Recorded information below:
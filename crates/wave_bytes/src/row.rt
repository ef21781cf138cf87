//! What stands at the places of a step, for readers that go from step to step.

ghost use Rattle.std.specs.Prelude.{◌≡◌, ◌+◌, ◌*◌, ◌<◌, ◌≤◌, ◌^◌, IfOk, length};
ghost use Rattle.design_circuit.specs.Waveform.{written_at};
ghost use Rattle.wave_bytes.specs.Changed.{IsRowAt, IsWrittenAt};
ghost use Rattle.wave_bytes.specs.View.{job};

use crate::waveform::Waveform;
use base_lists::Memory;
use design_cell::Value;
use design_circuit::{Mark, Written, width_of};
use std::alloc::Global;
use std::marker::Model;

/// The places of a step of a waveform. Contracts see the waveform and the step.
#[derive(Debug, Drop)]
pub struct WaveformRow<'w, 'a> {
    waveform: &'w Waveform<'a>,
    step: usize,
    written: Vec<Written>,
}

impl<'w, 'a> Model for WaveformRow<'w, 'a> {
    ghost use Rattle.wave_bytes.specs.Changed.{IsRowAt, RowOf};

    ghost Value = { RowOf };

    ghost view = { λ r. record { waveform = r.waveform.now; step = r.step } };

    ghost invariant = { λ r. IsRowAt r.waveform.now r.step r.written.items };
}

impl<'w, 'a> WaveformRow<'w, 'a> {
    /// The row of the first step. Takes two bytes for each net.
    pub fn first(alloc: Global, waveform: &'w Waveform<'a>) -> Result<WaveformRow<'w, 'a>, Memory>
        ensures { IfOk result (λ row. row ≡ record { waveform = waveform.now; step = 0 }) }
    {
        let written = first_row(alloc, waveform)?;
        Ok(WaveformRow {
            waveform,
            step: 0,
            written,
        })
    }

    /// The step.
    pub fn step(&self) -> usize
        ensures { result ≡ self.now.step }
    {
        self.step
    }

    /// Goes on to the next step, all places of which are written. Costs the places that were written anew at it, and
    /// two binary searches.
    pub fn next_step(&mut self)
        requires few { self.old.step < 2 ^ 32 }
        requires whole { (self.old.step + 2) * (job self.old.waveform).width ≤ length self.old.waveform.written }
        ensures waveform { self.new.waveform ≡ self.old.waveform }
        ensures step { self.new.step ≡ self.old.step + 1 }
    {
        bring_on(self.waveform, self.step, self.written.as_mut_slice());
        self.step += 1;
    }

    /// What stands at a position of the step.
    pub fn written(&self, position: usize) -> Written
        requires { IsWrittenAt (job self.now.waveform) self.now.waveform.written self.now.step position }
        ensures { result ≡ written_at self.now.waveform.written (self.now.step * (job self.now.waveform).width + position) }
    {
        self.written[position]
    }
}

/// What stands at the places of the first step, as far as they are written.
fn first_row(alloc: Global, waveform: &Waveform<'_>) -> Result<Vec<Written>, Memory>
    ensures { IfOk result (λ row. IsRowAt waveform.now 0 row.items) }
{
    let width = width_of(&waveform.circuit());
    let mut row = Vec::with_capacity(alloc, width)?;
    'positions: for position in 0..width {
        row.push(written_or_none(waveform, position))?;
    }
    Ok(row)
}

/// What stands at the place of a number, if it is written.
fn written_or_none(waveform: &Waveform<'_>, number: usize) -> Written
    ensures { number < length waveform.now.written → result ≡ written_at waveform.now.written number }
{
    if number < waveform.count() {
        waveform.written(number)
    } else {
        Written {
            value: Value::X,
            mark: Mark::Unknown,
        }
    }
}

/// Brings the row of a step on to the next one.
fn bring_on(waveform: &Waveform<'_>, step: usize, row: &mut [Written])
    requires few { step < 2 ^ 32 }
    requires row { IsRowAt waveform.now step row.old }
    requires whole { (step + 2) * (job waveform.now).width ≤ length waveform.now.written }
    ensures { IsRowAt waveform.now (step + 1) row.new }
{
    // With it comes the fact that numbers of places are small.
    let _count = waveform.count();
    let places = waveform.anew_at(step + 1);
    let start = (step + 1) * row.len();
    'places: for k in 0..places.len() {
        row[places[k].number() - start] = places[k].written();
    }
}
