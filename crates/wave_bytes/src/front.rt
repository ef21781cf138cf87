//! Where the next place stands: carried along, since a division for each place is slow.

ghost use Rattle.std.specs.Prelude.{◌≡◌, ◌+◌, ◌<◌};
ghost use Rattle.design_circuit.specs.Circuit.{job_in};
ghost use Rattle.design_circuit.specs.Job.{places_of};
ghost use Rattle.wave_bytes.specs.Front.{IsFront, StandsAt, place_of_front};
ghost use Rattle.wave_bytes.specs.Repeat.{IsStretch};

use design_circuit::{Circuit, Place, width_of};

/// A step, and a position in the order.
#[derive(Clone, Copy, Debug)]
pub struct Front {
    pub step: usize,
    pub position: usize,
}

/// Where the first place stands.
pub fn first_front(circuit: &Circuit<'_>) -> Front
    ensures { StandsAt (job_in circuit.now) 0 result }
{
    Front {
        step: 0,
        position: 0,
    }
}

/// Where the place behind a place stands.
pub fn front_behind(circuit: &Circuit<'_>, front: Front, place: usize) -> Front
    requires within { place < places_of (job_in circuit.now) }
    requires stands { StandsAt (job_in circuit.now) place front }
    ensures stands { StandsAt (job_in circuit.now) (place + 1) result }
    ensures next { 0 < result.position → result.position ≡ front.position + 1 }
{
    let next = front.position + 1;
    if next < width_of(circuit) {
        Front {
            step: front.step,
            position: next,
        }
    } else {
        Front {
            step: front.step + 1,
            position: 0,
        }
    }
}

/// Where the place behind so many places stands, all of one step.
pub fn front_after(circuit: &Circuit<'_>, front: Front, place: usize, many: usize) -> Front
    requires stretch { IsStretch (job_in circuit.now) place many }
    requires stands { StandsAt (job_in circuit.now) place front }
    ensures stands { StandsAt (job_in circuit.now) (place + many) result }
    ensures next { 0 < result.position → result.position ≡ front.position + many }
{
    if many == 0 {
        return front;
    }
    let next = front.position + many;
    if next < width_of(circuit) {
        Front {
            step: front.step,
            position: next,
        }
    } else {
        Front {
            step: front.step + 1,
            position: 0,
        }
    }
}

/// The place that stands there.
pub fn place_there(circuit: &Circuit<'_>, front: Front) -> Place
    requires { IsFront (job_in circuit.now) front }
    ensures { result ≡ place_of_front (job_in circuit.now) front }
{
    Place {
        step: front.step as u32,
        net: circuit.order.net(front.position as u32),
    }
}
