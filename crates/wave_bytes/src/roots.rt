//! What each position of an order copies.

ghost use Rattle.std.specs.Prelude.{◌≡◌, ◌<◌, IfOk, length, slice_index};
ghost use Rattle.design_circuit.specs.Circuit.{job_in};
ghost use Rattle.wave_bytes.specs.Roots.{AreRootsTo, IsRootBehind};

use base_lists::Memory;
use design_circuit::{Circuit, Driver, driver_at, width_of};
use std::alloc::Global;

/// What each position of a circuit copies: what the position of the net copies that its driver copies, or itself. Takes
/// four bytes for each.
pub fn roots_of(alloc: Global, circuit: &Circuit<'_>) -> Result<Vec<u32>, Memory>
    ensures { IfOk result (λ roots. AreRootsTo (job_in circuit.now) (job_in circuit.now).width roots.items) }
{
    let width = width_of(circuit);
    let mut roots = Vec::with_capacity(alloc, width)?;
    'positions: for position in 0..width {
        let root = root_behind(circuit, roots.as_slice(), position as u32);
        roots.push(root)?;
    }
    Ok(roots)
}

/// That of a position, given those of the positions before it.
fn root_behind(circuit: &Circuit<'_>, roots: &[u32], position: u32) -> u32
    requires roots { AreRootsTo (job_in circuit.now) position roots.now }
    requires position { position < (job_in circuit.now).width }
    ensures { IsRootBehind (job_in circuit.now) roots.now position result }
{
    let net = circuit.order.net(position);
    match driver_at(circuit, net as usize) {
        Driver::Copy(copied) => roots[circuit.order.position(*copied) as usize],
        Driver::Input => position,
        Driver::Undriven => position,
        Driver::Constant(_) => position,
        Driver::Cell(_, _) => position,
        Driver::Register(_) => position,
    }
}
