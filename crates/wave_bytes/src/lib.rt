//! The places of a circuit that are written, a byte each, kept by what changes, and the class of the next one.
//!
//! A byte says what stands at its place, whether its net keeps there, and mostly its class, so that the class of a
//! later place needs no look at drivers further back. Places that have what their nets' places a step before have are
//! written many at once, and take no memory. A copy has the bytes of what it copies, but for its class, and no bytes of
//! its own: specs/Roots.antt says what copies what. Start at specs/View.antt, then at `Waveform`.
#![tactic(auto)]

mod anew;
mod byte;
mod bytes;
mod front;
mod roots;
mod row;
mod rows;
mod track;
mod waveform;

pub use anew::Anew;
pub use bytes::value_if_certain;
pub use law_quiet::cell_chooses;
pub use row::WaveformRow;
pub use waveform::Waveform;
End of Recorded information.
Please copy all lines of the listing in which the string "says" occurs.

//! A byte says what stands at its place, whether its net keeps there, and mostly its class, so that the class of a
//! its own: specs/Roots.antt says what copies what. Start at specs/View.antt, then at `Waveform`.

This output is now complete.